Grosswiesenstrasse

Grosswiesenstrasse, Flachbauten

Die beiden Flachbauten in Zürich Hirzenbach wurden in den 1950er-Jahren zusammen mit dem damals höchsten Backsteinhaus Europas von Architekt R. Castelnuovo erbaut. Das Ensemble orientiert sich am Quartiersentwicklungsplan des damaligen Züricher Stadtbaumeisters Adolf Wasserfallen (1920–2000), in dem niedrige Baukörper mit öffentlichen Nutzungen die Hochbauten mit Wohnnutzungen ergänzen. 

Mit der Sanierung werden die öffentlichen Nutzungen im Quartier gestärkt, gleichzeitig wird die Erinnerung an die Ursprünge des Quartiers wachgehalten. Mit grosszügigen Räumlichkeiten im Erdgeschoss und neuen Sanitärräumen im Untergeschoss wird eine bessere Vermietbarkeit angestrebt, wobei der Ausbau mieterseitig erfolgt und nicht Teil des Projekts ist.

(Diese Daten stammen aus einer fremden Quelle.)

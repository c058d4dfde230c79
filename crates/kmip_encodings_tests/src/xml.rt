//! Items as bytes in hex and as XML, both written by hand.
use kmip_encodings::to_xml;
use kmip_wire::read_tree;
use std::alloc::Global;
use std::process::Abort;

const ROWS: &[(&str, &str)] = &[
    (
        "42002002000000040000000800000000",
        r#"<CompromiseDate type="Integer" value="8"/>"#,
    ),
    (
        "420020030000000801B69B4BA5749200",
        r#"<CompromiseDate type="LongInteger" value="123456789000000000"/>"#,
    ),
    (
        "42002004000000100000000003FD35EB6BC2DF4618080000",
        r#"<CompromiseDate type="BigInteger" value="0000000003FD35EB6BC2DF4618080000"/>"#,
    ),
    (
        "42002006000000080000000000000001",
        r#"<CompromiseDate type="Boolean" value="true"/>"#,
    ),
    (
        "42002008000000030102030000000000",
        r#"<CompromiseDate type="ByteString" value="010203"/>"#,
    ),
    (
        "4200200A00000004000D2F0000000000",
        r#"<CompromiseDate type="Interval" value="864000"/>"#,
    ),
    (
        "42007B01000000A842007A0100000048420069010000002042006A0200000004000000010000000042006B020000000400000002000000004200920900000008000000004F9A54E742000D0200000004000000010000000042000F010000005042005C0500000004000000140000000042007F0500000004000000010000000042007E0500000004000000010000000042007D0700000017436F756C64206E6F74206C6F63617465206F626A65637400",
        r#"<ResponseMessage><ResponseHeader><ProtocolVersion><ProtocolVersionMajor type="Integer" value="1"/><ProtocolVersionMinor type="Integer" value="2"/></ProtocolVersion><TimeStamp type="DateTime" value="2012-04-27T08:12:23+00:00"/><BatchCount type="Integer" value="1"/></ResponseHeader><BatchItem><Operation type="Enumeration" value="Destroy"/><ResultStatus type="Enumeration" value="OperationFailed"/><ResultReason type="Enumeration" value="ItemNotFound"/><ResultMessage type="TextString" value="Could not locate object"/></BatchItem></ResponseMessage>"#,
    ),
    (
        "5400010100000028540002010000000042007D07000000133C612026202262223E0909C3A90D0AE282AC010000000000",
        "<TTLV tag=\"0x540001\"><TTLV tag=\"0x540002\"></TTLV><ResultMessage type=\"TextString\" value=\"&lt;a &amp; &quot;b&quot;&gt;&#9;&#9;\u{e9}&#13;&#10;\u{20ac}\u{fffd}\"/></TTLV>",
    ),
    (
        "420094070000000AEFBFBEEFBFBFF48FBFBF000000000000",
        "<UniqueIdentifier type=\"TextString\" value=\"\u{fffd}\u{fffd}\u{10ffff}\"/>",
    ),
    // Masks have the names of their bits, and bits without a name are in hex.
    (
        "42002C02000000040000100C00000000",
        r#"<CryptographicUsageMask type="Integer" value="Encrypt Decrypt CertificateSign"/>"#,
    ),
    (
        "42002C02000000040010000400000000",
        r#"<CryptographicUsageMask type="Integer" value="Encrypt 0x00100000"/>"#,
    ),
    (
        "42002C02000000040000000000000000",
        r#"<CryptographicUsageMask type="Integer" value="0"/>"#,
    ),
    (
        "42008E02000000040000000300000000",
        r#"<StorageStatusMask type="Integer" value="OnLineStorage ArchivalStorage"/>"#,
    ),
    (
        "420008010000003042000A070000001843727970746F67726170686963205573616765204D61736B42000B02000000040000000C00000000",
        r#"<Attribute><AttributeName type="TextString" value="Cryptographic Usage Mask"/><AttributeValue type="Integer" value="Encrypt Decrypt"/></Attribute>"#,
    ),
    // A value of an attribute has the name that the attribute's values have.
    (
        "420008010000002042000A0700000005537461746500000042000B05000000040000000200000000",
        r#"<Attribute><AttributeName type="TextString" value="State"/><AttributeValue type="Enumeration" value="Active"/></Attribute>"#,
    ),
];

/// The item of these bytes in hex is written as this XML.
fn is_written(rt: &impl Abort, alloc: Global, digits: &str, xml: &str) {
    let bytes = hex::decode(alloc, digits).expect(rt, "hex");
    let (tree, _) = read_tree(alloc, &bytes).expect(rt, "an item");
    let text = to_xml(alloc, &tree).expect(rt, "memory");
    drop(tree);
    assert_eq!(rt; text.as_str(), xml);
}

#[test]
fn items_are_written_as_xml(rt: HostRuntime) {
    for (digits, xml) in ROWS {
        is_written(&rt, rt.alloc(), digits, xml);
    }
}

Die Bausubstanz wurde auf den Rohbau zurückgeführt, sodass die charakteristischen Pilzstützen aus Beton freigelegt werden konnten. Die Metallfassade mit ausladenden Stoffmarkisen wurde komplett neu erstellt. Für die konkav und konvex geschwungenen Glasbausteinwände wurde ein neues Doppelblocksystem entwickelt, das einen sehr tiefen U-Wert erreicht. 

Mit der Wiederverwendung der bestehenden Struktur kann wesentlich graue Energie eingespart werden. Die neuen Gebäudeteile, insbesondere die Gebäudehülle, entsprechen den Anforderungen des Minergie-P-Standards.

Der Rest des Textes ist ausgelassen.